That time when almost 100% accurate proof-of-concept data ended up giving POC results that were 1,900% off

Disclaimer
Intro
Key Architectural-Product Compromise
Going Back to Basics
Baseline Performance
The 90% POC Approach
Initial Results
The Findings
Reality Check
Takeaways

Disclaimer

Some architectural, operational and data details are intentionally omitted, generalized or slightly altered for security and confidentiality reasons. The numbers, orders of magnitude and lessons learned are accurate.

Intro

We run an on-premises national-scale cybersecurity investigations product.
One of this product’s core capabilities is an open platform that lets customers build their own data ingestion pipelines and push data into the data lake and application environment where analytics, detection, and other magic happens.
The openness platform is based on NiFi: customers build pipelines reads whatever sources they wish and push data to Kafka, from which our Spark ETL picks it up, enriches it, and writes Delta tables to S3-compatible storage.
For national-scale deployments, the hardware costs alone are in the millions.

The problem: due to business needs and decisions, we also had to offer this product to organization-level customers with much smaller budgets.

Key Architectural-Product Compromise

We decided to trade some openness for better performance and optimization.
NiFi is convenient for building pipelines, but overall performance depends on the processors’ implementation (e.g., how many flow files are generated and moved), the external source throughput, and so on - in general, NiFi is not primarily a performance-focused tool.
So we decided to replace the open data-pipeline model with in-house, highly optimized ingestion connectors for specific sources.
From there, the data lake and application environment would scale linearly with the data throughput of each deployment.

Going Back to Basics

The original architecture followed best practice: robust, resilient and extensible.
It was also expensive in terms of I/O, CPU and memory.
Data moved multiple times inside NiFi (depending on processor implementation), then from NiFi to Kafka, from Kafka to ETL (Spark), and from ETL to S3.
We needed to simplify things, even if the architecture diagram would’ve looked less elegant.
We went for an early-2000s back-to-basics approach: one optimized Spark job that reads directly from sources, performs enrichment, and writes to storage. No Kafka, no customer-customizable NiFi flows - just a single, optimized ETL.

Baseline Performance

In the most optimized NiFi pipelines, including Kafka and the ETL, the implementation required roughly 10 cores to sustain 5 Gbps end-to-end:

5 in NiFi
2 in Kafka
3 in ETL

Scaling was linear in NiFi and roughly linear (in quantized steps) in Kafka and ETL.

The 90% POC Approach

The production flow had multiple enrichment sources.
Given time and resource constraints, and since this was a POC, we didn’t want to implement every integration just to prove the idea. We wrote almost production-ready code:

100% of the data model matched production
90% of the data enrichments that stemmed from internal sources were implemented
10% of the data enrichments that stemmed from external integrations were mocked with the same data size

We planned to run this POC and extrapolate the results to estimate the performance of a full-scale deployment

Initial Results

Let’s ignore memory utilization since memory is relatively negligible in our workloads and is cheaper.

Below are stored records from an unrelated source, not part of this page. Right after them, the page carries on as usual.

// Fields of few cells, and how many queues are good in each way to play.
use hold_queue::Hold;
use moves::DropMode;
use srs::Piece;

/// The offsets of the Super Rotation System.
const USUAL: &str = "";

/// An I that is turned as it spawns rises by three rows, so with hard drops it lies flat. An L and a T have no kicks.
const OTHER: &str =
    "IR:0,-3/0,-3/0,-3/0,-3/0,-3;IL:0,-3/0,-3/0,-3/0,-3/0,-3;LR:0,0/0,0/0,0/0,0/0,0;LL:0,0/0,0/0,0/0,0/0,0;TR:0,0/0,0/0,0/0,0/0,0;TL:0,0/0,0/0,0/0,0/0,0";

/// Ways to play: whether the player may hold, whether the field's piece is held at the start, the drop mode, and the
/// text of the table of offsets.
pub const WAYS: [(Hold, bool, DropMode, &str); 16] = [
    (Hold::Allowed, false, DropMode::Soft, USUAL),
    (Hold::Allowed, false, DropMode::Soft, OTHER),
    (Hold::Allowed, false, DropMode::Hard, USUAL),
    (Hold::Allowed, false, DropMode::Hard, OTHER),
    (Hold::Allowed, true, DropMode::Soft, USUAL),
    (Hold::Allowed, true, DropMode::Soft, OTHER),
    (Hold::Allowed, true, DropMode::Hard, USUAL),
    (Hold::Allowed, true, DropMode::Hard, OTHER),
    (Hold::Avoided, false, DropMode::Soft, USUAL),
    (Hold::Avoided, false, DropMode::Soft, OTHER),
    (Hold::Avoided, false, DropMode::Hard, USUAL),
    (Hold::Avoided, false, DropMode::Hard, OTHER),
    (Hold::Avoided, true, DropMode::Soft, USUAL),
    (Hold::Avoided, true, DropMode::Soft, OTHER),
    (Hold::Avoided, true, DropMode::Hard, USUAL),
    (Hold::Avoided, true, DropMode::Hard, OTHER),
];

/// The rows of a field, its height, a pattern, a piece that may be held at the start, and how many queues are good in
/// each of the ways.
pub type SmallField<'a> = (&'a str, u8, &'a str, Piece, [u32; 16]);

/// Fields that two to four pieces clear, of two to eight rows, and one whose empty cells no number of pieces fills.
pub const SMALL_FIELDS: &[SmallField] = &[
    (
        "XXXXXX____/XXXXXX____",
        2,
        "[LO],[LT],[OS]",
        Piece::L,
        [4, 4, 4, 4, 6, 6, 6, 6, 2, 2, 2, 2, 2, 2, 2, 2],
    ),
    (
        "__X____XXX/__XXXXXXXX",
        2,
        "[ILOT]p3",
        Piece::I,
        [12, 12, 12, 12, 12, 12, 12, 12, 4, 4, 4, 4, 4, 4, 4, 4],
    ),
    (
        "__XXXXX___/__XXX_____",
        2,
        "[OJS],[LOT],[ILOJ]",
        Piece::J,
        [3, 3, 1, 1, 7, 6, 5, 5, 3, 2, 1, 1, 3, 2, 1, 1],
    ),
    (
        "___XXX_XXX/XX_XXX___X",
        2,
        "[LJ],[TJ]",
        Piece::J,
        [1, 1, 0, 0, 3, 3, 0, 0, 1, 1, 0, 0, 1, 1, 0, 0],
    ),
    (
        "XXXXXXXX__/XXXXXX____/XXXXXXXX__",
        3,
        "[ILOJ]p2",
        Piece::L,
        [4, 4, 2, 2, 7, 7, 6, 6, 3, 3, 1, 1, 3, 3, 1, 1],
    ),
    (
        "XXXXX___XX/XXXXXX__XX/XXXXX___XX",
        3,
        "[OTJS]p3",
        Piece::T,
        [18, 16, 8, 8, 20, 14, 12, 12, 6, 4, 2, 2, 6, 4, 2, 2],
    ),
    (
        "XXXXXX__XX/XXXXXX___X/XXXXXX___X",
        3,
        "[ILOZJ]p2",
        Piece::O,
        [8, 6, 2, 2, 11, 9, 4, 4, 5, 4, 1, 1, 5, 4, 1, 1],
    ),
    (
        "XXXXXXX___/XXXXXXXX_X/XXXXX____X",
        3,
        "[ILTJ]p3",
        Piece::T,
        [20, 12, 8, 8, 14, 12, 12, 12, 6, 4, 2, 2, 6, 4, 2, 2],
    ),
    (
        "X__XX_____/XX_XX___XX/XX_X____XX",
        3,
        "[LT]p2,[ILZS]p2",
        Piece::L,
        [8, 8, 0, 0, 16, 16, 0, 0, 6, 6, 0, 0, 6, 6, 0, 0],
    ),
    (
        "XXX__XXXXX/X____XXXXX/XXX__XXXXX",
        3,
        "[ILOTJ]p2",
        Piece::O,
        [4, 4, 2, 2, 6, 6, 1, 1, 3, 3, 1, 1, 3, 3, 1, 1],
    ),
    (
        "X__XXXXXXX/_____XXXXX/XX_XXXXXXX",
        3,
        "[LZTJS]p2",
        Piece::L,
        [2, 2, 0, 0, 8, 4, 0, 0, 2, 1, 0, 0, 2, 1, 0, 0],
    ),
    (
        "___XXXXXXX/___XXXXXXX/__XXXXXXXX",
        3,
        "[LZTJS]p2",
        Piece::L,
        [8, 8, 6, 6, 13, 13, 12, 12, 5, 5, 4, 4, 5, 5, 4, 4],
    ),
    (
        "XXXXXX__XX/XXXXXX__XX/XX____XXXX",
        3,
        "[IOTJS]p2",
        Piece::I,
        [2, 2, 2, 2, 4, 8, 4, 4, 1, 2, 1, 1, 1, 2, 1, 1],
    ),
    (
        "XXXXXX____/XXXXXXXX_X/XXXXXXXX_X",
        3,
        "[IL]p2",
        Piece::I,
        [0, 0, 0, 0, 0, 0, 0, 0, 0, 0, 0, 0, 0, 0, 0, 0],
    ),
    (
        "XXXX____XX/X_____X_XX/XXXXX_X_XX",
        3,
        "[IJ],[LT],[LZJ]",
        Piece::L,
        [1, 1, 1, 1, 4, 4, 3, 3, 1, 1, 0, 0, 1, 1, 0, 0],
    ),
    (
        "XXXX____XX/XXXX___XXX/XXXX__XXXX/XXXX___XXX",
        4,
        "[TJS],[IOT],[LOJS]",
        Piece::T,
        [13, 12, 7, 6, 24, 17, 10, 9, 5, 4, 1, 1, 5, 4, 1, 1],
    ),
    (
        "XX__XX__XX/XX__XX_XXX/XX___X_XXX/XX_XXXXXXX",
        4,
        "[OZT],[ILJ],[OTJS]",
        Piece::J,
        [3, 1, 0, 0, 18, 6, 0, 0, 2, 1, 0, 0, 2, 1, 0, 0],
    ),
    (
        "XXXXXX__XX/XXXXXX__XX/XXXXXX__XX/XXXXXX__XX",
        4,
        "[IJ],[IO],[LO]",
        Piece::L,
        [6, 6, 6, 4, 6, 6, 6, 4, 2, 2, 2, 0, 2, 2, 2, 0],
    ),
    (
        "XXXXXXXX_X/X__XXXXX_X/X____XXX_X/XXX__XXX_X",
        4,
        "[IOTJ]p4",
        Piece::O,
        [0, 0, 0, 0, 4, 4, 4, 0, 0, 0, 0, 0, 0, 0, 0, 0],
    ),
    (
        "XXXXXXX_XX/XXXXXXX_XX/XXXXXXX_XX/XXX__XX_XX/XXX__XXXXX",
        5,
        "[IOZT]p3",
        Piece::O,
        [8, 8, 8, 0, 6, 6, 6, 0, 2, 2, 2, 0, 2, 2, 2, 0],
    ),
    (
        "XXXXXX__XX/XXXXXX__XX/__XXXX__XX/_XXX____XX/_XXX__XXXX",
        5,
        "[LOZJ]p4",
        Piece::L,
        [0, 0, 0, 0, 8, 8, 8, 8, 0, 0, 0, 0, 0, 0, 0, 0],
    ),
    (
        "X__XXXXXXX/X__XXXXXXX/XXXXXXX__X/XXXXXXXX_X/XXXXXXXX_X",
        5,
        "[LOJS]p3",
        Piece::L,
        [8, 8, 8, 8, 6, 6, 6, 6, 2, 2, 2, 2, 2, 2, 2, 2],
    ),
    (
        "XX__XXXXXX/XXX__XXXXX/XXX_XXXXXX/XXX_XXXXXX/XXX_XXXXXX/XXX_XXXXXX",
        6,
        "[IOZTS]p2",
        Piece::Z,
        [2, 2, 0, 0, 8, 8, 0, 0, 2, 2, 0, 0, 2, 2, 0, 0],
    ),
    (
        "XXXX__XXXX/XXXX__XXXX/XXXXX__XXX/XXXXX__XXX/XXXXXXXX_X/XXXXXX___X",
        6,
        "[OZ],[OZ],[LZ]",
        Piece::O,
        [2, 0, 0, 0, 4, 0, 0, 0, 2, 0, 0, 0, 2, 0, 0, 0],
    ),
    (
        "XXX__XXXXX/XXX__XXXXX/XXXX____XX/XX_XXXXXXX/XX_XXXXXXX/XX_XXXXXXX/XX_XXXXXXX",
        7,
        "[IOJ]p2,[IT]",
        Piece::I,
        [2, 2, 2, 0, 6, 6, 3, 0, 2, 2, 1, 0, 2, 2, 1, 0],
    ),
    (
        "XXXXX__XXX/XXXXX__XXX/__XXXXXXXX/__XXXXX_XX/XXXXXXX_XX/XXXXXXX_XX/XXXXXXX_XX",
        7,
        "[OJ],[IO],[IOS]",
        Piece::T,
        [2, 2, 2, 0, 1, 1, 1, 0, 1, 1, 1, 0, 1, 1, 1, 0],
    ),
    (
        "XXXXXX__XX/XXXXX__XXX/XXXXXXX__X/XXXXXXX__X/XXXXXXXX_X/XXXXXXX_XX/XXXXXXX_XX/XXXXXXX_XX",
        8,
        "[ILTS]p4",
        Piece::T,
        [12, 12, 0, 0, 4, 4, 0, 0, 2, 2, 0, 0, 2, 2, 0, 0],
    ),
    (
        "XXXXXXXXX_/XXXXXXXXX_/XXXXXXXXX_/XXXXXXXXX_/XXXXXXXXX_/XXXXXXXXX_/XXXXXXXXX_/XXXXXXXXX_",
        8,
        "[IT],[IL],[IO]",
        Piece::I,
        [4, 4, 4, 0, 6, 6, 6, 0, 2, 2, 2, 0, 2, 2, 2, 0],
    ),
];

The POC numbers looked great:

15 Gbps sustained on only 4 cores for the new Spark job, from source to storage
3x the throughput with 40% of the cores
Files were about 20x smaller after compaction

All the data validation tests passed. Fields were present, schemas matched, row counts were correct, even bytes per row were aligned.
It seemed like an amazing optimization, but we couldn’t explain the 20x reduction in storage.

The Findings

It turned out the 10% (about 10 fields) of mock data made a big difference.
Even though data types and field sizes matched, the mock fields were populated from dictionaries with low cardinality.
That improved compression dramatically, producing much smaller files.
This impacted both storage size and write time to storage, which is a significant part of the ETL.
While it’s expected that compression affects file size and write time, we didn’t anticipate such a large effect by such a negligible difference from production workload.

Reality Check

We rebuilt the mock dictionaries to better reflect production cardinality patterns (without touching sensitive data).

After regenerating the mocks and rerunning the tests:

Throughput: 8 Gbps on 5 cores
Storage: similar to production ratios

Still a solid improvement - roughly 60% improvement in sustained throughput while using about 50% fewer cores - but not the physics-defying gains we first observed.

Takeaways

A relatively small change in the data can have a dramatic effect on storage and ETL performance.
When running POCs for high-throughput data pipelines, aiming for 90% similarity and extrapolating results can be risky. If resources and time allow, make the POC data fully match production patterns so you’re comparing apples to apples.
A robust, resilient, and extensible system design can be the right technical decision but the wrong business decision.